Supplied records:

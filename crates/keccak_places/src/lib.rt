// From a state to its 25 places and back. The places are in two arrays, one of the even columns and one of the odd ones: the compiler keeps the order of reads
// and writes of two arrays, so that a row's lanes stay in registers and no others do. Lanes 1, 2, 8, 12, 17 and 20 are held inverted.
#![tactic(auto)]

ghost use Rattle.std.specs.Prelude.{◌≡◌, length};
ghost use Rattle.in_place.specs.Complemented.{complemented};
ghost use Rattle.in_place.specs.Places.{standing, Known, lanes, even_columns, odd_columns};

// The places of a state, row by row: those of columns 0, 2 and 4, and those of columns 1 and 3.
#[derive(Clone, Copy)]
pub struct Columns {
    pub evens: [u64; 15],
    pub odds: [u64; 10],
}

impl Columns {
    // The places of a state, six lanes inverted.
    pub fn of(a: [u64; 25]) -> Columns
        ensures evens { result.evens ≡ even_columns (complemented a) }
        ensures odds { result.odds ≡ odd_columns (complemented a) }
    {
        Columns {
            evens: [
                a[0],
                a[2] ^ u64::MAX,
                a[4],
                a[5],
                a[7],
                a[9],
                a[10],
                a[12] ^ u64::MAX,
                a[14],
                a[15],
                a[17] ^ u64::MAX,
                a[19],
                a[20] ^ u64::MAX,
                a[22],
                a[24],
            ],
            odds: [
                a[1] ^ u64::MAX,
                a[3],
                a[6],
                a[8] ^ u64::MAX,
                a[11],
                a[13],
                a[16],
                a[18],
                a[21],
                a[23],
            ],
        }
    }

    // The state of its places, the six lanes inverted back.
    #[tactic(auto, unfolding(in_place::specs::Places::lanes, in_place::specs::Complemented::complemented, in_place::specs::Complemented::masked))]
    pub fn joined(self) -> [u64; 25]
        ensures { result ≡ complemented (lanes 0 (standing self.evens self.odds)) }
    {
        let p = self.evens;
        let q = self.odds;
        [
            p[0],
            q[0] ^ u64::MAX,
            p[1] ^ u64::MAX,
            q[1],
            p[2],
            p[3],
            q[2],
            p[4],
            q[3] ^ u64::MAX,
            p[5],
            p[6],
            q[4],
            p[7] ^ u64::MAX,
            q[5],
            p[8],
            p[9],
            q[6],
            p[10] ^ u64::MAX,
            q[7],
            p[11],
            p[12] ^ u64::MAX,
            q[8],
            p[13],
            q[9],
            p[14],
        ]
    }
}

// What the types say of the lanes and of the two arrays, which a proof cannot read through a reference. No code is made of either.
pub fn all_lanes(a: [u64; 25])
    ensures { length a ≡ 25 }
{}

pub fn known(p: [u64; 15], q: [u64; 10])
    ensures { Known (standing p q) }
{}
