//! The bytes of the states of a run: reading, judging and writing them.
#![tactic(auto)]

mod air;
mod counts;
mod lawful;
mod reading;
mod restart;
mod sections;
mod spellings;
mod start_error;
mod version;

pub use air::{decode_air, encode_air, faults_of_air};
pub use cpl_state::{Air, Mid, Whole};
pub use restart::{decode, encode, encode_first, restart_reads_back};
pub use spellings::faults_of_restart;
pub use start_error::StartError;
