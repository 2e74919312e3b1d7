// The parts that files of numbers are made of: a mark, numbers of eight bytes, and sections, which are a count and that
// many numbers. Readers take a part from the front of the bytes, and return it with the bytes behind it.
ghost use Rattle.std.specs.Prelude.{◌≡◌, ◌≤◌, ◌^◌, ◌∷◌, ◌++◌, length, IfOk, OnOk};
ghost use Rattle.cpl_restart.specs.Numbers.{number_bytes, section_bytes};
ghost use Rattle.cpl_restart.specs.Sections.{Reads, after_mark, section_numbers, section_at, wrapped_sum, after_sum, nothing_after, no_negative};

use crate::start_error::StartError;
use byteorder::{BigEndian, ByteOrder};
use cpl_fixed::List;
use std::alloc::{AllocError, Global};

/// How many bytes a mark, a count or a number has.
pub const WORD: usize = 8;

/// The bytes behind the mark: `Short` where fewer than eight bytes are there, else `Magic` where they are others.
pub fn read_mark<'a>(mark: &[u8; WORD], bytes: &'a [u8]) -> Result<&'a [u8], StartError>
    ensures { Reads (λ rest. rest.now) result (after_mark mark.now bytes.now) }
{
    if bytes.len() < WORD {
        return Err(StartError::Short);
    }
    let (front, rest) = bytes.split_at(WORD);
    if front != mark.as_slice() {
        return Err(StartError::Magic);
    }
    Ok(rest)
}

/// The next `count` numbers: `Short` where they aren't all there. Memory is asked for once they are.
fn read_numbers(alloc: Global, count: u32, bytes: &[u8]) -> Result<(List<i64>, &[u8]), StartError>
    ensures exact { Reads (λ x. (x.0, x.1.now)) result (section_numbers count bytes.now) }
    ensures count { IfOk result (λ x. length x.0 ≡ count) }
{
    let size = WORD * count as usize;
    if bytes.len() < size {
        return Err(StartError::Short);
    }
    let (front, rest) = bytes.split_at(size);
    let mut numbers = vec![in alloc; 0i64; count as usize]?;
    BigEndian::read_i64_into(front, &mut numbers);
    Ok((List::from_vec(numbers), rest))
}

/// The numbers of the next section, which has the number `section` in its file: `Short` where its count or its numbers
/// aren't all there, `Shape` where it has another count than `count`.
pub fn read_section(
    alloc: Global,
    section: u32,
    count: u32,
    bytes: &[u8],
) -> Result<(List<i64>, &[u8]), StartError>
    ensures exact { Reads (λ x. (x.0, x.1.now)) result (section_at section count bytes.now) }
    ensures count { IfOk result (λ x. length x.0 ≡ count) }
{
    if bytes.len() < WORD {
        return Err(StartError::Short);
    }
    let (front, rest) = bytes.split_at(WORD);
    if BigEndian::read_u64(front) != u64::from(count) {
        return Err(StartError::Shape(section));
    }
    read_numbers(alloc, count, rest)
}

/// The sum of numbers, taken without a sign, which wraps: of one, and of others behind it.
pub fn wrapped_sum(first: i64, others: &[i64]) -> u64
    ensures { result ≡ wrapped_sum (first ∷ others.now) }
{
    let mut sum = first.cast_unsigned();
    for number in others {
        sum = sum.wrapping_add(number.cast_unsigned());
    }
    sum
}

/// The bytes behind the sum of a section, where that sum was found: `Short` where it isn't all there, `Sum` where it is another.
pub fn read_sum(section: u32, found: u64, bytes: &[u8]) -> Result<&[u8], StartError>
    ensures { Reads (λ rest. rest.now) result (after_sum section found bytes.now) }
{
    if bytes.len() < WORD {
        return Err(StartError::Short);
    }
    let (front, rest) = bytes.split_at(WORD);
    let stated = BigEndian::read_u64(front);
    if stated != found {
        return Err(StartError::Sum(section, stated, found));
    }
    Ok(rest)
}

/// `Trailing` where bytes are left.
pub fn read_end(bytes: &[u8]) -> Result<(), StartError>
    ensures { Reads (λ x. x) result (nothing_after bytes.now) }
{
    match bytes {
        [] => Ok(()),
        [_, ..] => Err(StartError::Trailing),
    }
}

/// `Negative` with the first negative number of a section.
pub fn refuse_negative(section: u32, numbers: &[i64]) -> Result<(), StartError>
    requires { length numbers.now ≤ 2 ^ 32 }
    ensures { Reads (λ x. x) result (no_negative section numbers.now) }
{
    match numbers.iter().position(|x| *x < 0) {
        None => Ok(()),
        Some(index) => Err(StartError::Negative(section, index as u32)),
    }
}

/// Appends a number.
#[tactic(auto, unfolding(crate::specs::Numbers::number_bytes))]
pub fn write_number(out: &mut Vec<u8>, number: i64) -> Result<(), AllocError>
    ensures { OnOk result (out.new.items ≡ out.old.items ++ number_bytes number) }
{
    let mut word = [0u8; WORD];
    BigEndian::write_i64(&mut word, number);
    out.extend_from_slice(&word)
}

/// Appends a section: the count of the numbers, and each of them.
pub fn write_section(out: &mut Vec<u8>, numbers: &[i64]) -> Result<(), AllocError>
    ensures { OnOk result (out.new.items ≡ out.old.items ++ section_bytes numbers.now) }
{
    write_number(out, numbers.len() as i64)?;
    for number in numbers {
        write_number(out, *number)?;
    }
    Ok(())
}
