// How many numbers each section of a restart has.
ghost use Rattle.std.specs.Prelude.{◌≡◌, ◌≤◌, ◌*◌, ◌^◌, length};
ghost use Rattle.std.specs.List.{AllByRecursion};
ghost use Rattle.cpl_fixed.specs.declared.limits.TheConstants.{MOST_CELLS};
ghost use Rattle.cpl_mosaic.specs.Cells.{NumbersAgree};
ghost use Rattle.cpl_mosaic.specs.Mates.{MatesAgree};
ghost use Rattle.cpl_faces.specs.Faces.{AreFaces};
ghost use Rattle.cpl_xgrid.specs.Grids.{IsGrid};
ghost use Rattle.cpl_restart.specs.Counts.{AreCounts};
ghost use Rattle.cpl_restart.specs.RestartBytes.{counts_of};
ghost use Rattle.cpl_state.specs.States.{air_cells, land_cells, ocean_cells, ocean_faces};

use cpl_faces::{Face, faces_law};
use cpl_xgrid::Grid;

/// How many numbers the sections of a restart have.
#[derive(Clone, Copy)]
pub(crate) struct Counts {
    /// Each section of the air.
    pub(crate) air: u32,
    /// Each section of the land.
    pub(crate) land: u32,
    /// The parts.
    pub(crate) parts: u32,
    /// Each section of the ice's categories.
    pub(crate) ice: u32,
    /// Each section of the ocean's layers.
    pub(crate) water: u32,
    /// The faces.
    pub(crate) faces: u32,
    /// What flies to the ice.
    pub(crate) to_ice: u32,
    /// What flies to the ocean.
    pub(crate) to_ocean: u32,
}

/// The counts of a grid, by the faces of its ocean.
pub(crate) fn counts_of(grid: &Grid, faces: &[Face]) -> Counts
    requires grid { IsGrid grid.now }
    requires faces { faces.now ≡ ocean_faces grid.now }
    requires few { length faces.now ≤ 4 * ocean_cells grid.now }
    ensures { AreCounts grid.now result }
{
    let ocean = grid.ocean.mosaic.cells();
    let column = grid.column;
    Counts {
        air: grid.air.mosaic.cells(),
        land: grid.land.mosaic.cells(),
        parts: (column.categories + 1) * ocean,
        ice: column.categories * ocean,
        water: column.layers * ocean,
        faces: column.layers * faces.len() as u32,
        to_ice: 5 * ocean,
        to_ocean: 3 * ocean,
    }
}

/// What is known of a grid: no section of its restart has more than 2^24 numbers, no mosaic more than 2^18 cells, and the numbers,
/// the mates and the faces of the ocean's mosaic agree. No work is done.
pub(crate) fn known_of(grid: &Grid)
    requires { IsGrid grid.now }
    ensures small { AllByRecursion (λ n. n ≤ 2 ^ 24) (counts_of grid.now) }
    ensures cells { (air_cells grid.now ≤ MOST_CELLS) × (land_cells grid.now ≤ MOST_CELLS) × (ocean_cells grid.now ≤ MOST_CELLS) }
    ensures numbers { NumbersAgree grid.now.ocean.mosaic.tiles }
    ensures mates { MatesAgree grid.now.ocean.mosaic }
    ensures faces { AreFaces grid.now.ocean.mosaic (ocean_faces grid.now) }
{
    faces_law();
    let _air = grid.air.mosaic.cells();
    let _land = grid.land.mosaic.cells();
    let _ocean = grid.ocean.mosaic.cells();
}
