// The rules of lawful states, each with its first fault.
ghost use Rattle.std.specs.Prelude.{◌≡◌, ℕ, ◌+◌, ◌<◌, ◌≤◌, ◌^◌, ◌*◌, ◌∷◌, [], length};
ghost use Rattle.cpl_fixed.specs.Totals.{total_of};
ghost use Rattle.cpl_faces.specs.Faces.{AreFaces};
ghost use Rattle.cpl_xgrid.specs.Grids.{IsGrid};
ghost use Rattle.cpl_xgrid.specs.Lists.{IsMesh};
ghost use Rattle.cpl_restart.specs.Counts.{AreShort};
ghost use Rattle.cpl_restart.specs.Lawful.{IsFaceOn, are_other_parts, is_dry, is_left, is_walled, is_wrong, judged, no_negatives, no_stray, no_strays, right_faces, spot_at, spread, whole_parts};
ghost use Rattle.cpl_restart.specs.Sections.{Reads, no_negative};
ghost use Rattle.cpl_state.specs.States.{HasLengths, cells_in, ocean_faces};

use crate::sections::refuse_negative;
use crate::start_error::StartError;
use cpl_faces::Face;
use cpl_fixed::{MOST_FACE, PARTS};
use cpl_mosaic::Mesh;
use cpl_state::Whole;
use cpl_xgrid::Grid;

// The elapsed seconds are section 0.
fn refuse_negative_elapsed(whole: &Whole) -> Result<(), StartError>
    ensures { Reads (λ x. x) result (no_negative 0 (whole.now.elapsed ∷ [])) }
{
    if whole.elapsed < 0 {
        return Err(StartError::Negative(0, 0));
    }
    Ok(())
}

// `Negative` with the first negative number outside the faces.
fn refuse_negatives(whole: &Whole) -> Result<(), StartError>
    requires { AreShort whole.now }
    ensures { Reads (λ x. x) result (no_negatives whole.now) }
{
    refuse_negative_elapsed(whole)?;
    refuse_negative(1, whole.air_heat.as_slice())?;
    refuse_negative(2, whole.air_vapour.as_slice())?;
    refuse_negative(3, whole.air_sun.as_slice())?;
    refuse_negative(4, whole.land_heat.as_slice())?;
    refuse_negative(5, whole.land_water.as_slice())?;
    refuse_negative(6, whole.parts.as_slice())?;
    refuse_negative(7, whole.ice.as_slice())?;
    refuse_negative(8, whole.ice_heat.as_slice())?;
    refuse_negative(9, whole.water.as_slice())?;
    refuse_negative(10, whole.heat.as_slice())?;
    refuse_negative(11, whole.salt.as_slice())?;
    refuse_negative(13, whole.to_ice.as_slice())?;
    refuse_negative(14, whole.to_ocean.as_slice())
}

// The sum of numbers, exactly.
fn total(numbers: &[i64]) -> i128
    requires { length numbers.now ≤ 2 ^ 24 }
    ensures { result ≡ total_of numbers.now }
{
    let mut sum = 0i128;
    for number in numbers {
        sum += i128::from(*number);
    }
    sum
}

// Whether a cell with water has these parts, which have another sum than 65536.
fn are_other_parts(ocean: &Mesh, cell: usize, parts: &[i64]) -> bool
    requires mesh { IsMesh ocean.now }
    requires cell { cell < cells_in ocean.now }
    requires few { length parts.now ≤ 2 ^ 24 }
    ensures { result ≡ are_other_parts ocean.now cell parts.now }
{
    !is_dry(ocean, cell) && total(parts) != i128::from(PARTS)
}

// `Parts` with the least cell with water whose parts, of which each cell has `width`, have another sum.
fn refuse_other_parts(ocean: &Mesh, width: usize, parts: &[i64]) -> Result<(), StartError>
    requires mesh { IsMesh ocean.now }
    requires count { length parts.now ≡ width * cells_in ocean.now }
    requires few { length parts.now ≤ 2 ^ 24 }
    ensures { Reads (λ x. x) result (whole_parts ocean.now width parts.now) }
{
    let mut rest = parts;
    for n in 0..ocean.mosaic.cells() {
        let (front, behind) = rest.split_at(width);
        if are_other_parts(ocean, n as usize, front) {
            return Err(StartError::Parts(n));
        }
        rest = behind;
    }
    Ok(())
}

// The cell of a number, and which of the cell's numbers it is.
#[derive(Clone, Copy)]
pub(crate) struct Spot {
    pub(crate) cell: usize,
    pub(crate) within: usize,
}

impl Spot {
    // The spot of the next number, where each of this many cells has `width` numbers, over and over.
    fn next(self, width: usize, cells: usize) -> Spot
        requires cell { self.cell < cells }
        requires within { self.within < width }
        ensures { (place : ℕ) → self ≡ spot_at width cells place → result ≡ spot_at width cells (place + 1) }
    {
        if self.within + 1 < width {
            Spot {
                cell: self.cell,
                within: self.within + 1,
            }
        } else if self.cell + 1 < cells {
            Spot {
                cell: self.cell + 1,
                within: 0,
            }
        } else {
            Spot { cell: 0, within: 0 }
        }
    }
}

// Whether a cell has no area.
fn is_dry(mesh: &Mesh, cell: usize) -> bool
    requires mesh { IsMesh mesh.now }
    requires cell { cell < cells_in mesh.now }
    ensures { result ≡ is_dry mesh.now cell }
{
    mesh.area.as_slice()[cell] == 0
}

// Whether this is a number other than 0 of a cell without an area.
fn is_left(mesh: &Mesh, cell: usize, number: i64) -> bool
    requires mesh { IsMesh mesh.now }
    requires cell { cell < cells_in mesh.now }
    ensures { result ≡ is_left mesh.now cell number }
{
    number != 0 && is_dry(mesh, cell)
}

// `Dry` with the first number that isn't 0 of a cell without an area, where each cell has `width` numbers, over and over.
fn refuse_strays(section: u32, mesh: &Mesh, width: usize, numbers: &[i64]) -> Result<(), StartError>
    requires mesh { IsMesh mesh.now }
    requires width { 1 ≤ width }
    requires few { length numbers.now ≤ 2 ^ 24 }
    ensures { Reads (λ x. x) result (no_stray (spread section mesh.now width numbers.now)) }
{
    let cells = mesh.mosaic.cells() as usize;
    let mut spot = Spot { cell: 0, within: 0 };
    for (place, number) in numbers.iter().enumerate() {
        if is_left(mesh, spot.cell, *number) {
            return Err(StartError::Dry(section, place as u32));
        }
        spot = spot.next(width, cells);
    }
    Ok(())
}

// `Dry` with the first number that isn't 0 of a cell of the land or the ocean without an area, the faces aside.
fn refuse_all_strays(grid: &Grid, whole: &Whole) -> Result<(), StartError>
    requires grid { IsGrid grid.now }
    requires short { AreShort whole.now }
    ensures { Reads (λ x. x) result (no_strays grid.now whole.now) }
{
    let categories = grid.column.categories as usize;
    let ocean = &grid.ocean;
    refuse_strays(4, &grid.land, 1, whole.land_heat.as_slice())?;
    refuse_strays(5, &grid.land, 1, whole.land_water.as_slice())?;
    refuse_strays(6, ocean, categories + 1, whole.parts.as_slice())?;
    refuse_strays(7, ocean, categories, whole.ice.as_slice())?;
    refuse_strays(8, ocean, categories, whole.ice_heat.as_slice())?;
    refuse_strays(9, ocean, 1, whole.water.as_slice())?;
    refuse_strays(10, ocean, 1, whole.heat.as_slice())?;
    refuse_strays(11, ocean, 1, whole.salt.as_slice())?;
    refuse_strays(13, ocean, 5, whole.to_ice.as_slice())?;
    refuse_strays(14, ocean, 3, whole.to_ocean.as_slice())
}

// Whether a cell of the face has no area.
fn is_walled(ocean: &Mesh, face: Face) -> bool
    requires mesh { IsMesh ocean.now }
    requires face { IsFaceOn ocean.now face }
    ensures { result ≡ is_walled ocean.now face }
{
    is_dry(ocean, face.first as usize) || is_dry(ocean, face.second as usize)
}

// Whether the number of a face is out of range, or isn't 0 where a cell has no area.
fn is_wrong(ocean: &Mesh, face: Face, number: i64) -> bool
    requires mesh { IsMesh ocean.now }
    requires face { IsFaceOn ocean.now face }
    ensures { result ≡ is_wrong (is_walled ocean.now face) number }
{
    number < -MOST_FACE || number > MOST_FACE || (number != 0 && is_walled(ocean, face))
}

// `Wall` with the first number of the faces, layer by layer, that is wrong.
fn refuse_wrong_faces(ocean: &Mesh, faces: &[Face], numbers: &[i64]) -> Result<(), StartError>
    requires mesh { IsMesh ocean.now }
    requires faces { AreFaces ocean.now.mosaic faces.now }
    requires some { 0 < length numbers.now → 0 < length faces.now }
    requires few { length numbers.now ≤ 2 ^ 24 }
    ensures { Reads (λ x. x) result (right_faces ocean.now faces.now numbers.now) }
{
    // The contract of `cells` has the numbers of the cells, and their mates.
    let _cells = ocean.mosaic.cells();
    let mut spot = Spot { cell: 0, within: 0 };
    for (place, number) in numbers.iter().enumerate() {
        if is_wrong(ocean, faces[spot.cell], *number) {
            return Err(StartError::Wall(place as u32));
        }
        spot = spot.next(1, faces.len());
    }
    Ok(())
}

/// The first rule of lawful states that a state of the grid's lengths breaks: `Negative`, `Parts`, `Dry` or `Wall`.
pub(crate) fn judge(grid: &Grid, faces: &[Face], whole: &Whole) -> Result<(), StartError>
    requires grid { IsGrid grid.now }
    requires faces { faces.now ≡ ocean_faces grid.now }
    requires are { AreFaces grid.now.ocean.mosaic faces.now }
    requires lengths { HasLengths grid.now whole.now }
    requires short { AreShort whole.now }
    ensures { Reads (λ x. x) result (judged grid.now whole.now) }
{
    refuse_negatives(whole)?;
    let parts = grid.column.categories as usize + 1;
    refuse_other_parts(&grid.ocean, parts, whole.parts.as_slice())?;
    refuse_all_strays(grid, whole)?;
    refuse_wrong_faces(&grid.ocean, faces, whole.faces.as_slice())
}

Required work: Gather every line from the listing above in which the word "spellings" appears.

Solution to this task:
mod spellings;
pub use spellings::faults_of_restart;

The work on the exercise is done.